Como quiera que la explicación no pedida suele revelar la culpa manifiesta de quien así se expresa, la apelación al patriotismo de estos militaristas recordaba lo que S. Johnson decía de este: “el patriotismo es el refugio de los canallas. Para colmo, negaban lo que era más evidente, que eran golpistas, es decir, rebeldes al sistema democrático establecido por sufragio universal:
“No somos rebeldes, por que ahora y siempre obedecemos al supremo deber del patriotismo. No usurpamos la autoridad sino que recogeremos el poder abandonado entre sangre y entre sangre, en medio del arroyo (…) Nuestra misión breve y transitoria nada tiene que ver con las pequeñeces y miserias de la política al uso. Aspiramos en plazo más breve posible, a fortificar los resortes del poder, garantizar la vida y seguridad de los ciudadanos, vigorizar el patriotismo, pacificar moral y materialmente la nación; consolidar las legítimas conquistas proletarias y abrir cauce de seguridad. Y todo ello como tramite previo a la devolución al pueblo español de los resortes del poder que la violencia, el fraude y el crimen le han arrebatado”.

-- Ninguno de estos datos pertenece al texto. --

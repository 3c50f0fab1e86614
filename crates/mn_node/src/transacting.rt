//! What a node that is up does with pending transactions.

ghost use Rattle.std.specs.Prelude.{◌≡◌, ◌<◌, ◌-◌, ◌^◌, ℕ, List, [], map, IsSome, IsTrue, IfOk};
ghost use Rattle.term_core.specs.View.{tree_of};
ghost use Rattle.disk_logs.specs.Logs.{IsLog};
ghost use Rattle.db_model.specs.Commits.{CommitRecord};
ghost use Rattle.db_model.specs.Ops as ops;
ghost use Rattle.db_model.specs.View.{operation, commit_record};
ghost use Rattle.txn_core.specs.Calls as calls;
ghost use Rattle.txn_core.specs.Pending.{Txn, named, others};
ghost use Rattle.txn_core.specs.Shown.{Shows as ShowsTxns};
ghost use Rattle.txn_log.specs.Logs.{handle};
ghost use Rattle.mn_node.specs.Durable.{made};
ghost use Rattle.mn_node.specs.Effects.{effect, pending_after};
ghost use Rattle.mn_node.specs.Effects as machine;
ghost use Rattle.mn_node.specs.Inside.Transacts.{Transacts, IsBarOf};
ghost use Rattle.mn_node.specs.Inside.Tries.{Tries, Attempts, PendsOut, durable};
ghost use Rattle.mn_node.specs.Shown.{OpenShows, Pends, HasPending};

use crate::open::{Done, Open, Trouble, told};
use crate::reply::Reply;
use db_model::{Commit, Ops, SchemaOps};
use file_trait::Disk;
use sqlite_items::Items;
use std::alloc::{AllocError, Global};
use term_core::{Atom, Term};
use txn_core::{TxnErr, Txns};

/// What is answered where a call of the transaction was refused. A call without a table has its transaction's name for
/// one, and one without an item the empty list.
fn barred(error: TxnErr, name: Atom, table: Option<Atom>, item: Term) -> Result<Done, Trouble>
    ensures { IsBarOf error name table item result }
{
    let reply = match error {
        TxnErr::NoTxn => Reply::NoTransaction(name),
        TxnErr::TxnExists => Reply::Exists(name),
        TxnErr::TooMany => Reply::TooManyTransactions,
        TxnErr::NoTable => Reply::NoTable(table.unwrap_or(name)),
        TxnErr::BadRecord => Reply::BadRecord(item),
        TxnErr::TooManyCalls => Reply::TooManyCalls,
        TxnErr::Locked(by) => Reply::Locked(by),
        TxnErr::Memory => return Err(Trouble::Memory),
    };
    Ok(told(reply))
}

/// The empty list, which takes no memory.
fn no_item(alloc: Global) -> Term
    ensures { tree_of result ≡ machine.no_item }
{
    Term::List(Items::new(alloc))
}

/// The commit of these ops, which are copied.
fn ops_commit(alloc: Global, version: u64, ops: &Ops) -> Result<Commit, AllocError>
    ensures { IfOk result (λ commit. commit_record commit
        ≡ record { version = version; schema_operations = []; operations = map operation ops.now }) }
{
    let mut copies = Ops::new(alloc);
    for op in ops.as_slice() {
        copies.push(op.try_clone(alloc)?)?;
    }
    Ok(Commit {
        version,
        schema_ops: SchemaOps::new(alloc),
        ops: copies,
    })
}

/// Drops a transaction that is pending.
fn drop_txn(txns: &mut Txns, name: &Atom)
    ensures { (pending : List Txn) → ShowsTxns txns.old pending → IsSome (named name.now pending)
        → ShowsTxns txns.new (others name.now pending) }
{
    let _ = txns.abort(name);
}

impl Open {
    /// Begins a transaction.
    pub fn begin(&mut self, alloc: Global, name: Atom) -> Result<Done, Trouble>
        ensures { Transacts self.old self.new (machine.begin name) result }
    {
        match self.txns.begin(alloc, &name) {
            Ok(()) => Ok(told(Reply::Ok)),
            Err(error) => barred(error, name, None, no_item(alloc)),
        }
    }

    /// Writes a record in a transaction.
    pub fn write(
        &mut self,
        alloc: Global,
        name: Atom,
        table: Atom,
        row: Term,
    ) -> Result<Done, Trouble>
        ensures { Transacts self.old self.new (machine.ask name (calls.change (ops.write table (tree_of row)))) result }
    {
        match self.txns.write(alloc, &self.tables, &name, &table, &row) {
            Ok(()) => Ok(told(Reply::Ok)),
            Err(error) => barred(error, name, Some(table), row),
        }
    }

    /// Deletes the records with a key in a transaction.
    pub fn delete_key(
        &mut self,
        alloc: Global,
        name: Atom,
        table: Atom,
        key: Term,
    ) -> Result<Done, Trouble>
        ensures { Transacts self.old self.new
            (machine.ask name (calls.change (ops.delete table (tree_of key)))) result }
    {
        match self.txns.delete(alloc, &self.tables, &name, &table, &key) {
            Ok(()) => Ok(told(Reply::Ok)),
            Err(error) => barred(error, name, Some(table), key),
        }
    }

    /// Deletes a record in a transaction.
    pub fn delete_object(
        &mut self,
        alloc: Global,
        name: Atom,
        table: Atom,
        row: Term,
    ) -> Result<Done, Trouble>
        ensures { Transacts self.old self.new
            (machine.ask name (calls.change (ops.delete_object table (tree_of row)))) result }
    {
        match self
            .txns
            .delete_object(alloc, &self.tables, &name, &table, &row)
        {
            Ok(()) => Ok(told(Reply::Ok)),
            Err(error) => barred(error, name, Some(table), row),
        }
    }

    /// The records with a key, as a transaction sees them.
    pub fn read(
        &mut self,
        alloc: Global,
        name: Atom,
        table: Atom,
        key: Term,
    ) -> Result<Done, Trouble>
        ensures { Transacts self.old self.new (machine.ask name (calls.read table (tree_of key))) result }
    {
        match self.txns.read(alloc, &self.tables, &name, &table, &key) {
            Ok(rows) => Ok(told(Reply::Found(rows))),
            Err(error) => barred(error, name, Some(table), key),
        }
    }

    /// The records that match a pattern, as a transaction sees them.
    pub fn match_object(
        &mut self,
        alloc: Global,
        name: Atom,
        table: Atom,
        pattern: Term,
    ) -> Result<Done, Trouble>
        ensures { Transacts self.old self.new (machine.ask name (calls.match_object table (tree_of pattern))) result }
    {
        match self
            .txns
            .match_object(alloc, &self.tables, &name, &table, &pattern)
        {
            Ok(rows) => Ok(told(Reply::Found(rows))),
            Err(error) => barred(error, name, Some(table), pattern),
        }
    }

    /// The keys of a table, as a transaction sees them.
    pub fn all_keys(&mut self, alloc: Global, name: Atom, table: Atom) -> Result<Done, Trouble>
        ensures { Transacts self.old self.new (machine.ask name (calls.all_keys table)) result }
    {
        match self.txns.all_keys(alloc, &self.tables, &name, &table) {
            Ok(keys) => Ok(told(Reply::Found(keys))),
            Err(error) => barred(error, name, Some(table), no_item(alloc)),
        }
    }

    /// Commits what a transaction wrote. One that wrote nothing appends nothing, and one that is refused for its length
    /// stays pending.
    pub fn commit_txn<D: Disk>(
        &mut self,
        alloc: Global,
        disk: &mut D,
        name: Atom,
    ) -> Result<Done, Trouble>
        requires log { IsTrue D.tells → IsLog (D.past disk.old) (handle self.old.log) }
        requires few { self.old.log.commits < 2 ^ 64 - 1 }
        requires pending { HasPending self.old }
        ensures tries { IsTrue D.tells → (commits : List CommitRecord) (synced : ℕ) (pending : List Txn)
            → OpenShows self.old (D.past disk.old) commits synced → Pends self.old pending
            → Tries (effect (made commits) pending (machine.commit_txn name)) commits synced result self.new
            (D.past disk.old) (D.past disk.new) }
        ensures pends { (pending : List Txn) → Pends self.old pending
            → PendsOut result self.new pending (pending_after (durable self.old) pending (machine.commit_txn name)) }
        ensures owes { Attempts D.Disk disk.old disk.new self.old.log self.new.log result }
    {
        let Some(ops) = self.txns.ops(&name) else {
            return Ok(told(Reply::NoTransaction(name)));
        };
        if ops.is_empty() {
            drop_txn(&mut self.txns, &name);
            return Ok(told(Reply::Done));
        }
        let commit = ops_commit(alloc, self.tables.schema().version, ops)?;
        let done = self.commit(alloc, disk, &commit, false)?;
        if done.wrote {
            drop_txn(&mut self.txns, &name);
        }
        Ok(done)
    }

    /// Drops a transaction, with what it wrote. Takes no memory.
    pub fn abort(&mut self, name: Atom) -> Result<Done, Trouble>
        ensures { Transacts self.old self.new (machine.abort name) result }
    {
        match self.txns.abort(&name) {
            Ok(()) => Ok(told(Reply::Ok)),
            Err(_) => Ok(told(Reply::NoTransaction(name))),
        }
    }
}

Vistas así las cosas, hasta parece mentira que el gobierno republicano no hubiese accedido a tales manifestaciones de bondad y de amor a la patria que manifestaban estos militaristas africanitas. El problema es que, a continuación, tales sentimientos se vendrían al traste al confesar con “religioso fervor”:
“Solo seremos inflexibles con quienes con la máscara de la democracia se empeñan en mantener una dictadura criminal y antipatriótica, dócil a las consignas de los enemigos de España (…) ¡Españoles! Fundidos todos en un supremo anhelo gritemos con religioso fervor: Viva España”.
El segundo manifiesto llevaba por título “Situación de España. Imposibilidad de disimularla e inutilidad de describirla”. A pesar de ello, la describirá. Y es de justicia reconocer que en esa descripción hay una referencia a la Iglesia, pero no como producto de reflexión al margen de la contienda, sino por la lógica evidente ocasionada por la destrucción del paisaje en cualquier guerra: “El espectáculo doloroso que nos ofrece la España de hoy, con sus templos escarnecidos e incendiados”.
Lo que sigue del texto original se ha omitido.